◆ **What the task asks**
Tally the lines below that include the string "PartialEq". Reply with the total only.

◆ **Records for this task**

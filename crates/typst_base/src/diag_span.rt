//! Spans of diagnostics.
ghost use Rattle.std.specs.Prelude.{◌≡◌, ◌≢◌, ◌<◌, ◌↔◌, IsTrue, None, SomeIff, false};
ghost use Rattle.typst_base.specs.DiagSpan.{cut_external_end, external, is_external, of_span, span_of};
ghost use Rattle.typst_base.specs.DiagSpanKind.{diag_kind_of, to_bytes, with_part};
ghost use Rattle.typst_base.specs.DiagWord.{sub_range_of, word_of};
ghost use Rattle.typst_base.specs.Span.{detached};
ghost use Rattle.typst_base.specs.SpanKind.{span_kind_of};
ghost use Rattle.typst_base.specs.SubRange.{interval};

use crate::span::{FileId, Span, SpanNumber};
use crate::sub_range::SubRange;
use std::hash::{Hash, Hasher};
use std::marker::Model;
use std::ops::Range;

/// The place that a diagnostic is about. It is a span, or a part of a span's bytes, or an external range: bytes of a
/// file that isn't a source file. The ends of an external range may be larger than a span's.
#[derive(Clone, Copy, Debug)]
pub struct DiagSpan {
    span: Span,
    /// The end of an external range, or both ends of a part of any other span, 32 bits each, or 0 for no part.
    word: u64,
}

impl Model for DiagSpan {
    ghost use Rattle.std.specs.Prelude.{ℕ};
    ghost use Rattle.typst_base.specs.DiagSpan.{DiagPlace, diag_code, span_of};
    ghost use Rattle.typst_base.specs.DiagWord.{IsWord, place_keeps_span, place_keeps_word, place_of, word_of};

    ghost Value = { DiagPlace };

    ghost coded = { diag_code };

    ghost view = { λ a. place_of a.span a.word };

    ghost invariant = { λ a. IsWord a.span a.word };

    ghost inverse = { λ d. record { span = span_of d; word = word_of d } };

    ghost inverse_ok = { λ a h. Prim.rw (place_keeps_span a.span a.word, place_keeps_word a.span a.word h) };
}

/// Diagnostic spans are equal if they are the same span with the same part, or the same bytes of a file.
impl PartialEq for DiagSpan {
    ghost use Rattle.std.specs.Prelude.{◌≡◌, ◌↔◌, IsTrue};
    ghost use Rattle.typst_base.specs.Equal.{place_eq, place_eq_laws};

    ghost eq = { place_eq };

    ghost laws = { place_eq_laws };

    fn eq(&self, other: &DiagSpan) -> bool
        ensures is { result ≡ place_eq self.now other.now }
        ensures same { IsTrue result ↔ (self.now ≡ other.now) }
    {
        self.span == other.span && self.word == other.word
    }
}

impl Eq for DiagSpan {
    ghost use Rattle.typst_base.specs.Equal.{place_eq_equivalence};

    ghost laws = { place_eq_equivalence };
}

/// A hash of the span and of its other word.
impl Hash for DiagSpan {
    ghost use Rattle.typst_base.specs.Hashed.{place_input, places_alike};

    ghost hash_input = { place_input };

    ghost respects_eq = { places_alike };

    fn hash<H: Hasher>(&self, state: &mut H) {
        self.span.hash(state);
        state.write_u64(self.word);
    }
}

/// What a diagnostic span points to.
#[derive(Clone, Debug, PartialEq, Eq, Hash, Drop)]
pub enum DiagSpanKind {
    /// No place at all.
    Detached,
    /// The node with this number in this file, or a part of it.
    Number {
        /// The file.
        id: FileId,
        /// The node's number.
        num: SpanNumber,
        /// The part of the node, or `None` for the whole node.
        sub_range: Option<SubRange>,
    },
    /// These bytes of this file.
    Range {
        /// The file.
        id: FileId,
        /// The bytes from the start up to the end, which isn't included.
        range: Range<usize>,
    },
}

/// # Making a diagnostic span
impl DiagSpan {
    /// The diagnostic span that points nowhere.
    pub(crate) const NOWHERE: DiagSpan = DiagSpan {
        span: Span::NOWHERE,
        word: 0,
    };

    /// The low value of an external range that starts at 0.
    const EXTERNAL_BASE: u64 = 1 << 47;

    /// The largest end of an external range, 2^46 - 1.
    const EXTERNAL_MAX: u64 = (1 << 46) - 1;

    /// The diagnostic span that points nowhere.
    pub fn detached() -> DiagSpan
        ensures { result ≡ of_span detached None }
    {
        DiagSpan::from_span(Span::detached(), None)
    }

    /// The span of these bytes of a file that isn't a source file. Each end is cut to 2^46 - 1.
    pub fn from_range(id: FileId, range: Range<usize>) -> DiagSpan
        ensures is { result ≡ external id range.start range.end }
        ensures comes_back { diag_kind_of result
            ≡ to_bytes id
            (interval (cut_external_end range.start) (cut_external_end range.end)) }
    {
        let start = (range.start as u64).min(Self::EXTERNAL_MAX);
        let end = (range.end as u64).min(Self::EXTERNAL_MAX);
        DiagSpan {
            span: Span::from_parts(id, Self::EXTERNAL_BASE + start),
            word: end,
        }
    }

    /// The diagnostic span of a span, or of the given part of it.
    ///
    /// A span with the start of an external range means that range. Only `Span::from_raw` can give such a span.
    pub fn from_span(span: Span, sub_range: Option<SubRange>) -> DiagSpan
        ensures is { result ≡ of_span span sub_range }
        ensures comes_back { is_external span ≡ false → diag_kind_of result ≡ with_part (span_kind_of span) sub_range }
    {
        let word = match sub_range {
            Some(part) => {
                let part = part.to_relative();
                ((part.start as u64) << 32) + part.end as u64
            }
            None => 0,
        };
        DiagSpan { span, word }
    }
}

/// # Reading a diagnostic span
impl DiagSpan {
    /// Whether its span points nowhere.
    pub fn is_detached(self) -> bool
        ensures { IsTrue result ↔ (span_of self ≡ detached) }
    {
        self.span.is_detached()
    }

    /// The file, or `None` for a span without one.
    pub fn id(self) -> Option<FileId>
        ensures { SomeIff result (0 < (span_of self).file) (span_of self).file }
    {
        self.span.id()
    }

    /// What the diagnostic span points to.
    ///
    /// A part of a span that is a range is answered as a range of the file's bytes.
    pub fn get(self) -> DiagSpanKind
        ensures { result ≡ diag_kind_of self }
    {
        let Some(id) = self.id() else {
            return DiagSpanKind::Detached;
        };
        let low = self.span.number();
        if low < Self::EXTERNAL_BASE {
            return DiagSpanKind::Number {
                id,
                num: SpanNumber(low),
                sub_range: self.sub_range(),
            };
        }
        if low < Span::RANGE_BASE {
            return DiagSpanKind::Range {
                id,
                range: (low - Self::EXTERNAL_BASE) as usize..self.word as usize,
            };
        }
        let whole = Span::range_of(low);
        let range = match self.sub_range() {
            Some(part) => part.to_absolute(whole.start),
            None => whole,
        };
        DiagSpanKind::Range { id, range }
    }

    /// The part that the word means.
    fn sub_range(self) -> Option<SubRange>
        ensures { result ≡ sub_range_of (word_of self) }
    {
        SubRange::new((self.word >> 32) as usize, (self.word % (1 << 32)) as usize)
    }

    /// This diagnostic span, or the other one if this one is detached.
    pub fn or(self, other: DiagSpan) -> DiagSpan
        ensures detached_gives_other { span_of self ≡ detached → result ≡ other }
        ensures else_itself { span_of self ≢ detached → result ≡ self }
    {
        if self.is_detached() { other } else { self }
    }
}

impl From<Span> for DiagSpan {
    ghost use Rattle.std.specs.Prelude.{◌≡◌, None};
    ghost use Rattle.typst_base.specs.DiagSpan.{of_span};

    ghost from_gives = { λ s d. d ≡ of_span s None };

    fn from(span: Span) -> DiagSpan {
        DiagSpan::from_span(span, None)
    }
}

◆ **Your response**
2